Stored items
···

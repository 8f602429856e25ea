//! One step of the machine.
ghost use Rattle.std.specs.Prelude.{◌≡◌, ◌<◌, ◌+◌, ◌%◌, OnOk, OnErr, IfOk, IfErr, true, false, slice_index};
ghost use Rattle.std.specs.Option.{ForSome};
ghost use Rattle.sloth_base.specs.Take.{take, entry_state, execution_state, line_to_take};
ghost use Rattle.sloth_base.specs.Limits.{count_limit};
ghost use Rattle.sloth_base.specs.MemoryMap.{line_count};
ghost use Rattle.rv32_instr.specs.Memory.{in_ram};
ghost use Rattle.rv32_instr.specs.Ram.{word_at};
ghost use Rattle.rv32_instr.specs.Table.{Decode};
ghost use Rattle.rv32_instr.specs.Execute.{Going, Stopped, step, touched, touched_line_by, pending_line, word_at_pc};
ghost use Rattle.rv32_instr.specs.declared.encoding.Stop.TheVariants as stop;
ghost use Rattle.rv32_machine.specs.Advance.{advance, blank_step, step_of, Goes, Halts};

use crate::Machine;
use crate::effect::effect;
use crate::machine::Hart;
use machine_memory::{Bus, vector};
use rv32_instr::{Effect, Instr, Stop};
use sloth_base::{CONTROLLER_BASE, LEVELS_OFFSET, LINE_COUNT, Line, MEMORY_BASE, Step, Width};

/// The first level byte of the controller.
const LEVELS: u32 = CONTROLLER_BASE + LEVELS_OFFSET as u32;

/// What is seen of a step but what it leaves: MIE, the first word of memory and the registers after the instruction.
#[derive(Clone, Copy)]
pub struct StepFront {
    pub count: u32,
    pub pc: u32,
    pub entered: Option<Line>,
    pub enabled_before: bool,
    pub cur_before: u32,
    pub touched: Option<Line>,
}

/// The record of a step before one is written into it.
pub fn blank_step() -> Step
    ensures { result ≡ blank_step }
{
    Step {
        count: 0,
        pc: 0,
        entered: None,
        enabled_before: false,
        enabled_after: false,
        cur_before: 0,
        cur_after: 0,
        touched: None,
        regs: [0; 32],
    }
}

/// The line whose pending byte an effect loads, or sets to zero by a store.
#[inline(always)]
#[tactic(auto, using(std::proofs::lemmas::Bool::Decides::nat_tests), unfolding(rv32_instr::specs::Execute::touched_line_by))]
fn touched(effect: &Effect) -> Option<Line>
    ensures is { result ≡ touched_line_by effect.now }
    ensures in_range { ForSome result (λ line. line < line_count) }
{
    match effect {
        Effect::Load { address, .. } => pending_line(*address),
        Effect::Store { address, value, .. } => {
            if *value % 256 == 0 {
                pending_line(*address)
            } else {
                None
            }
        }
        Effect::Nothing
        | Effect::Write { .. }
        | Effect::Branch { .. }
        | Effect::Jump { .. }
        | Effect::Csr { .. }
        | Effect::Environment
        | Effect::Return => None,
    }
}

/// The line that an address is the pending byte of.
#[inline(always)]
#[tactic(auto, using(std::proofs::lemmas::Bool::Decides::nat_tests))]
pub fn pending_line(address: u32) -> Option<Line>
    ensures is { result ≡ pending_line address }
    ensures in_range { ForSome result (λ line. line < line_count) }
{
    if CONTROLLER_BASE <= address && address < CONTROLLER_BASE + LINE_COUNT as u32 {
        Some(Line((address - CONTROLLER_BASE) as u8))
    } else {
        None
    }
}
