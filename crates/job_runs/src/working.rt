// A job worked, and listed.
ghost use Rattle.std.specs.Prelude.{◌≡◌, true, length};
ghost use Rattle.alignment.specs.Tile.{tile_of};
ghost use Rattle.runs.specs.Checks.{setting};
ghost use Rattle.calls.specs.Work.{is_aligned, state_of};
ghost use Rattle.jobs.specs.Error.{MadeInMemory};
ghost use Rattle.jobs.specs.Plan.{activation_bytes, weight_bytes};
ghost use Rattle.jobs.specs.Survey.{activations_tile, coding_of};
ghost use Rattle.job_runs.specs.Parts.{Fair, job_setting};
ghost use Rattle.job_runs.specs.Listing.{ListedAs, ListingOf, listing_check};

use crate::material::Material;
use crate::told::{lines_of, readings_of};
use alignment::ExtraBits;
use calls::{Opening, Run, WorkError, work};
use formats::{Bfloat16, Binary16, Binary32, Fixed8, Format};
use jobs::{Activations, Job, JobError, UnitCode};
use layers::{Drain, Odd};
use listing::{Header, Listing};
use planes::Plane;
use std::alloc::Global;
use units::{Multiplier, Unit};

// The shared exponent of a run that is aligned.
fn shared_exponent<F: Format, U: Unit>(run: &Run<F, U>) -> i32
    requires { is_aligned run.now ≡ true }
    ensures { result ≡ (state_of F.Format.meaning U.Unit.meaning run.now).shared }
{
    match run {
        Run::Aligned(run) => run.step().shared.exponent(),
        Run::Surveying(_) => unreachable(),
    }
}

// The listing of a job on an opening that its plan asks for.
fn list_on<F: Format + Drop, U: Unit + Drop>(
    heap: Global,
    material: &Material<'_, F::Word>,
    opening: Opening<F, U>,
) -> Result<Listing, JobError>
    requires { setting (F.Format.meaning opening.format).least opening.extra.bits (U.Unit.meaning opening.unit) ≡ job_setting material.now.plan }
    ensures { ListedAs material.now.plan (tile_of (F.Format.meaning opening.format) material.now.words.now) material.now.weights.now result }
{
    let calls = material.calls(heap)?;
    // Taken apart by hand: a call cannot be misplaced here, and `JobError` has no such case.
    let worked = match work(heap, opening, calls.as_slice()) {
        Ok(worked) => worked,
        Err(WorkError::Memory(error)) => return Err(JobError::Memory(error)),
        Err(WorkError::Misplaced(_)) => unreachable(),
    };
    let readings = readings_of(heap, worked.answers.as_slice())?;
    let header = Header {
        rows: material.plan.rows,
        shared: shared_exponent(&worked.run),
        extra: material.plan.extra,
    };
    let lines = lines_of(heap, readings.as_slice())?;
    Ok(Listing { header, lines })
}

// The same on a unit, opened with the extra bits of the plan.
fn list_unit<F: Format + Drop, U: Unit + Drop>(
    heap: Global,
    material: &Material<'_, F::Word>,
    format: F,
    unit: U,
) -> Result<Listing, JobError>
    requires { setting (F.Format.meaning format).least material.now.plan.extra (U.Unit.meaning unit) ≡ job_setting material.now.plan }
    ensures { ListedAs material.now.plan (tile_of (F.Format.meaning format) material.now.words.now) material.now.weights.now result }
{
    let opening = Opening {
        format,
        unit,
        extra: ExtraBits::new(u32::from(material.plan.extra)).unwrap(),
    };
    list_on(heap, material, opening)
}

// The same on the unit that the plan asks for. Each unit is a type of its own, so each arm lists for itself.
fn list_words<F: Format + Drop>(
    heap: Global,
    material: &Material<'_, F::Word>,
    format: F,
) -> Result<Listing, JobError>
    requires { (F.Format.meaning format).least ≡ (coding_of material.now.plan.format).least }
    ensures { ListedAs material.now.plan (tile_of (F.Format.meaning format) material.now.words.now) material.now.weights.now result }
{
    let columns = usize::from(material.plan.columns);
    match material.plan.unit {
        UnitCode::DrainMultiplier => {
            let unit = Drain::new(Multiplier::new(columns).unwrap());
            list_unit(heap, material, format, unit)
        }
        UnitCode::DrainOddPlane => {
            let unit = Drain::new(Odd::new(Plane::new(columns).unwrap()));
            list_unit(heap, material, format, unit)
        }
        UnitCode::DrainPlane => {
            let unit = Drain::new(Plane::new(columns).unwrap());
            list_unit(heap, material, format, unit)
        }
    }
}

// The listing of a job that was read. Each format is a type of its own, so each arm lists for itself.
fn list_read(heap: Global, job: &Job) -> Result<Listing, JobError>
    requires fair { Fair job.now.plan }
    requires words { length job.now.activations.bytes.now ≡ activation_bytes job.now.plan }
    requires sheets { length job.now.weights.bytes.now ≡ weight_bytes job.now.plan }
    ensures { ListedAs job.now.plan (activations_tile job.now.plan job.now.activations.bytes.now) job.now.weights.bytes.now result }
{
    let plan = job.plan;
    let weights = job.weights.bytes;
    match job.words(heap)? {
        Activations::Binary16(words) => {
            let material = Material::new(plan, words.as_slice(), weights);
            list_words(heap, &material, Binary16)
        }
        Activations::Bfloat16(words) => {
            let material = Material::new(plan, words.as_slice(), weights);
            list_words(heap, &material, Bfloat16)
        }
        Activations::Binary32(words) => {
            let material = Material::new(plan, words.as_slice(), weights);
            list_words(heap, &material, Binary32)
        }
        Activations::Fixed8(words) => {
            let material = Material::new(plan, words.as_slice(), weights);
            list_words(heap, &material, Fixed8::new(0).unwrap())
        }
    }
}

// The listing of the job that a file holds, or why it has none.
pub fn list_job(heap: Global, file: &[u8]) -> Result<Listing, JobError>
    ensures { MadeInMemory (listing_check file.now) (ListingOf file.now) result }
{
    let job = Job::read(file)?;
    list_read(heap, &job)
}
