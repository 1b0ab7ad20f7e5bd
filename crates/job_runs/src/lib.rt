// A job from beginning to end: its calls, worked on a run, and the listing that comes of their answers.
#![tactic(auto)]

mod asking;
mod material;
mod text;
mod told;
mod working;

pub use text::job_text;
pub use working::list_job;
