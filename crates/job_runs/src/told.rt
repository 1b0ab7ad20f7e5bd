// What the answers to a job's calls tell.
ghost use Rattle.std.specs.Prelude.{◌≡◌, ◌≤◌, length, IfOk};
ghost use Rattle.jobs.specs.Error.{MadeInMemory};
ghost use Rattle.job_runs.specs.Readings.{first_refusal, line_of, lines_from, readings};

use calls::Answer;
use jobs::JobError;
use listing::Line;
use runs::Reading;
use std::alloc::{AllocError, Global};

// The readings among the answers, or else the first refusal.
pub(crate) fn readings_of(heap: Global, answers: &[Answer]) -> Result<Vec<Reading>, JobError>
    ensures { MadeInMemory (first_refusal answers.now) (λ v. v.items ≡ readings answers.now) result }
{
    let mut all = Vec::new(heap);
    for answer in answers {
        if let Some(reading) = (*answer)? {
            all.push(reading)?;
        }
    }
    Ok(all)
}

// The line of a column.
fn line(column: u8, reading: Reading) -> Line
    ensures { result ≡ line_of column reading }
{
    Line {
        column,
        total: reading.total,
        slack: reading.slack,
        word: reading.word,
    }
}

// A line for each reading, from column 0 on.
pub(crate) fn lines_of(heap: Global, readings: &[Reading]) -> Result<Vec<Line>, AllocError>
    requires { length readings.now ≤ 16 }
    ensures { IfOk result (λ v. v.items ≡ lines_from 0 readings.now) }
{
    // A loop, which proves of its invariant: of a range zipped and mapped it would take several lemmas that it ends in time.
    let mut lines = Vec::new(heap);
    for (column, reading) in (0u8..).zip(readings) {
        lines.push(line(column, *reading))?;
    }
    Ok(lines)
}
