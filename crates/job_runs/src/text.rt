// The text that a file is answered with.
ghost use Rattle.std.specs.Prelude.{IfOk, string_bytes};
ghost use Rattle.job_runs.specs.Printed.{Printed};

use crate::working::list_job;
use jobs::text_of;
use std::alloc::{AllocError, Global};

// What is printed of a file: the listing of its job, or by which number it is refused.
pub fn job_text(heap: Global, file: &[u8]) -> Result<String, AllocError>
    ensures { IfOk result (λ s. Printed file.now (string_bytes s)) }
{
    text_of(heap, list_job(heap, file))
}
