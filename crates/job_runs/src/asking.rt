// The calls that a job is worked by.
ghost use Rattle.std.specs.Prelude.{◌≡◌, ◌≤◌, ◌++◌, length, IfOk};
ghost use Rattle.formats.specs.Coding.{Coding};
ghost use Rattle.alignment.specs.Tile.{tile_of};
ghost use Rattle.sheets.specs.Meanings.{any_meaning};
ghost use Rattle.sheets.specs.Packing.{page};
ghost use Rattle.runs.specs.Log as log;
ghost use Rattle.calls.specs.Work.{event_of};
ghost use Rattle.jobs.specs.Plan.{sheet_bytes};
ghost use Rattle.job_runs.specs.Events.{events_of, surveys, feeds, reads, job_events};

use crate::material::Material;
use alignment::TILE_WORDS;
use calls::Call;
use sheets::AnySheet;
use std::alloc::{AllocError, Global};

type Calls<'a, W> = Vec<Call<'a, W, AnySheet<'a>>>;

// The survey of a tile. (A function with a name, since the borrow checker does not cover `map` with a closure here.)
fn survey<'a, W>(tile: &'a [W]) -> Call<'a, W, AnySheet<'a>>
    ensures { (f : Coding W) → event_of f any_meaning result ≡ log.survey (tile_of f tile.now) }
{
    Call::Survey(tile)
}

impl<'a, W: Copy> Material<'a, W> {
    // Every tile is surveyed.
    fn ask_surveys(&self, heap: Global) -> Result<Calls<'a, W>, AllocError>
        ensures { IfOk result (λ v. (f : Coding W) → events_of f v.items ≡ surveys (tile_of f self.now.words.now)) }
    {
        self.words.chunks(TILE_WORDS).map(survey).collect(heap)
    }

    // The sheet of so many rows in the bytes, which are as many as it takes.
    fn sheet(&self, rows: usize, bytes: &'a [u8]) -> AnySheet<'a>
        requires few { rows ≤ 128 }
        requires long { length bytes.now ≡ sheet_bytes self.now.plan rows }
        ensures { any_meaning result ≡ page self.now.plan.sheet rows self.now.plan.columns bytes.now }
    {
        let columns = usize::from(self.plan.columns);
        AnySheet::new(self.plan.sheet, rows, columns, bytes).unwrap()
    }

    // Every tile is fed with its sheet. (Cut off sheet by sheet, since the last one is shorter: that tiles and sheets as
    // `chunks` lie side by side would have to be proved, and is not plainer to read.)
    fn ask_feeds(&self, mut calls: Calls<'a, W>) -> Result<Calls<'a, W>, AllocError>
        ensures { IfOk result (λ v. (f : Coding W) → events_of f v.items ≡ events_of f calls.entry.items ++ feeds self.now.plan (tile_of f self.now.words.now) self.now.weights.now) }
    {
        let plan = self.plan;
        let mut rest = self.weights;
        for tile in self.words.chunks(TILE_WORDS) {
            let size = plan.sheet.byte_length(tile.len() as u16, plan.columns);
            let (sheet, behind) = rest.split_at(size);
            calls.push(Call::Feed(tile, self.sheet(tile.len(), sheet)))?;
            rest = behind;
        }
        Ok(calls)
    }

    // Every column is read.
    fn ask_reads(&self, mut calls: Calls<'a, W>) -> Result<Calls<'a, W>, AllocError>
        ensures { IfOk result (λ v. (f : Coding W) → events_of f v.items ≡ events_of f calls.entry.items ++ reads self.now.plan.columns) }
    {
        // A loop: the borrow checker covers no `map` whose result names a lifetime and a type that no argument names.
        for column in 0..usize::from(self.plan.columns) {
            calls.push(Call::Read(column))?;
        }
        Ok(calls)
    }

    // All calls of a job.
    pub(crate) fn calls(&self, heap: Global) -> Result<Calls<'a, W>, AllocError>
        ensures { IfOk result (λ v. (f : Coding W) → events_of f v.items ≡ job_events self.now.plan (tile_of f self.now.words.now) self.now.weights.now) }
    {
        let mut calls = self.ask_surveys(heap)?;
        calls.push(Call::Fix)?;
        let calls = self.ask_feeds(calls)?;
        self.ask_reads(calls)
    }
}
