// What the calls of a job are made of.
ghost use Rattle.std.specs.Prelude.{◌≡◌, length};
ghost use Rattle.jobs.specs.Plan.{weight_bytes};
ghost use Rattle.job_runs.specs.Parts.{Fair};

use jobs::Plan;

// A plan with a word for each of its rows, and the bytes of all its sheets.
#[derive(Drop)]
pub(crate) struct Material<'a, W> {
    pub(crate) plan: Plan,
    pub(crate) words: &'a [W],
    pub(crate) weights: &'a [u8],
    ghost fair: { Fair plan },
    ghost full: { length words.now ≡ plan.rows },
    ghost whole: { length weights.now ≡ weight_bytes plan },
}

impl<'a, W> Material<'a, W> {
    pub(crate) fn new(plan: Plan, words: &'a [W], weights: &'a [u8]) -> Material<'a, W>
        requires fair { Fair plan }
        requires full { length words.now ≡ plan.rows }
        requires whole { length weights.now ≡ weight_bytes plan }
        ensures plan { result.plan ≡ plan }
        ensures words { result.words.now ≡ words.now }
        ensures weights { result.weights.now ≡ weights.now }
    {
        Material {
            plan,
            words,
            weights,
        }
    }
}
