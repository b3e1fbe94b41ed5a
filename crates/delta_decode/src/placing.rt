// The entries of a judged page, into places.
ghost use Rattle.std.specs.Prelude.{◌≡◌, ◌≤◌, length};
ghost use Rattle.rules.specs.Bits.{put, tabulate};
ghost use Rattle.rules.specs.Delta.{read, page_fault, page_entry};

use crate::pages::write_blocks;
use delta_octets::steps::kept_number;
use delta_octets::writing::Places;
use delta_read::heads::head_at;

// The page's n entries, into the first n places.
pub fn place(page: &[u8], n: usize, entries: &mut [i32])
    requires { (n ≤ 16384) × (n ≤ length entries.old) × (page_fault (read 32 n page.now) ≡ 0) }
    ensures { entries.new
        ≡ put entries.old 0 (tabulate n (page_entry 32 (read 32 n page.now))) }
{
    if n == 0 {
        return;
    }
    let Ok(head) = head_at(page, n) else {
        return;
    };
    let from = kept_number(head.first);
    write_blocks(
        Places,
        page,
        head.next,
        head.size as usize,
        head.minis as usize,
        n,
        from,
        entries,
    );
}
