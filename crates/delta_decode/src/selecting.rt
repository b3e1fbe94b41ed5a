// The entries of a judged page, of which a range selects some, into the bitmap.
ghost use Rattle.std.specs.Prelude.{◌≡◌, ◌≤◌, length};
ghost use Rattle.rules.specs.Bits.{ceil, put};
ghost use Rattle.rules.specs.Bitmap as Bitmap;
ghost use Rattle.rules.specs.Delta.{read, page_fault, page_entry};
ghost use Rattle.signed.specs.Raised.{raised};
ghost use Rattle.compare.specs.Range.{ranged, BoundedRange};

use crate::pages::write_blocks;
use compare::ranges::Range;
use delta_octets::steps::raised_number;
use delta_read::heads::head_at;

// The bitmap of the page's n entries, kept raised.
pub fn select(page: &[u8], n: usize, range: Range, bitmap: &mut [u8])
    requires { (n ≤ 16384) × (ceil n 8 ≤ length bitmap.old) × (page_fault (read 32 n page.now) ≡ 0)
        × BoundedRange range }
    ensures { bitmap.new
        ≡ put bitmap.old 0
        (Bitmap.bitmap n
        (λ i. ranged range (raised 32 (page_entry 32 (read 32 n page.now) i)))) }
{
    if n == 0 {
        return;
    }
    let Ok(head) = head_at(page, n) else {
        return;
    };
    let from = raised_number(head.first);
    write_blocks(
        range,
        page,
        head.next,
        head.size as usize,
        head.minis as usize,
        n,
        from,
        bitmap,
    );
}
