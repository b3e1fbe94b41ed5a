// The entries of one block, written in either way.
ghost use Rattle.std.specs.Prelude.{◌≡◌, ◌+◌, ◌*◌, ◌≤◌, ◌<◌, min};
ghost use Rattle.signed.specs.Reached.{reached};
ghost use Rattle.signed.specs.Entries.{step};
ghost use Rattle.delta_octets.specs.Steps.{packed_step};
ghost use Rattle.delta_decode.specs.MiniblockDeltas.{deltas_in, Judged};

use crate::miniblocks::Miniblocks;
use delta_octets::steps::kept_number;
use delta_octets::writing::Writing;

// k entries from `from` on, by the body of a miniblock, as the entries from i on; gives the entry after
// them.
pub fn write_mini<T: Writing>(
    writing: T,
    body: &[u8],
    w: u32,
    k: usize,
    least: u32,
    from: u32,
    out: &mut [T::Out],
    i: usize,
) -> u32
    requires { (w ≤ 32) × (i + k ≤ 16384) × T.Room writing i k out.old }
    ensures entry { result ≡ reached 32 from (packed_step least body.now w) k }
    ensures wrote { out.new
        ≡ T.write writing i k (reached 32 from (packed_step least body.now w)) out.old }
{
    let mut x = from;
    for j in (0..k).step_by(8) {
        x = writing.write_octet(body, j, w, (k - j).min(8), least, x, out, i + j);
    }
    x
}

// The entries of a block from `from` on, at most `room`, as the entries from i on; gives the entry after
// them.
pub fn write_block<T: Writing>(
    writing: T,
    page: &[u8],
    block: Miniblocks,
    from: u32,
    room: usize,
    out: &mut [T::Out],
    i: usize,
) -> u32
    requires { Judged 32 page.now block room × (i + room ≤ 16384) × T.Room writing i room out.old }
    ensures entry { result
        ≡ reached 32 from (step 32 (deltas_in block page.now))
        (min (block.need * block.size) room) }
    ensures wrote { out.new
        ≡ T.write writing i (min (block.need * block.size) room)
        (reached 32 from (step 32 (deltas_in block page.now))) out.old }
{
    let least = kept_number(block.least);
    let mut x = from;
    let mut at = block.bodies;
    let mut done: usize = 0;
    for width in &page[block.widths..block.widths + block.need] {
        let w = *width as u32;
        let k = block.size.min(room - done);
        x = write_mini(writing, &page[at..], w, k, least, x, out, i + done);
        at += block.size / 8 * w as usize;
        done += block.size;
    }
    x
}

···

Please output exactly the lines between the one holding "fn list_words<F: Format" and the one holding "length job.now.activations.bytes.now ≡" in the records above, inclusive, and nothing more.

fn list_words<F: Format + Drop>(
    heap: Global,
    material: &Material<'_, F::Word>,
    format: F,
) -> Result<Listing, JobError>
    requires { (F.Format.meaning format).least ≡ (coding_of material.now.plan.format).least }
    ensures { ListedAs material.now.plan (tile_of (F.Format.meaning format) material.now.words.now) material.now.weights.now result }
{
    let columns = usize::from(material.plan.columns);
    match material.plan.unit {
        UnitCode::DrainMultiplier => {
            let unit = Drain::new(Multiplier::new(columns).unwrap());
            list_unit(heap, material, format, unit)
        }
        UnitCode::DrainOddPlane => {
            let unit = Drain::new(Odd::new(Plane::new(columns).unwrap()));
            list_unit(heap, material, format, unit)
        }
        UnitCode::DrainPlane => {
            let unit = Drain::new(Plane::new(columns).unwrap());
            list_unit(heap, material, format, unit)
        }
    }
}

// The listing of a job that was read. Each format is a type of its own, so each arm lists for itself.
fn list_read(heap: Global, job: &Job) -> Result<Listing, JobError>
    requires fair { Fair job.now.plan }
    requires words { length job.now.activations.bytes.now ≡ activation_bytes job.now.plan }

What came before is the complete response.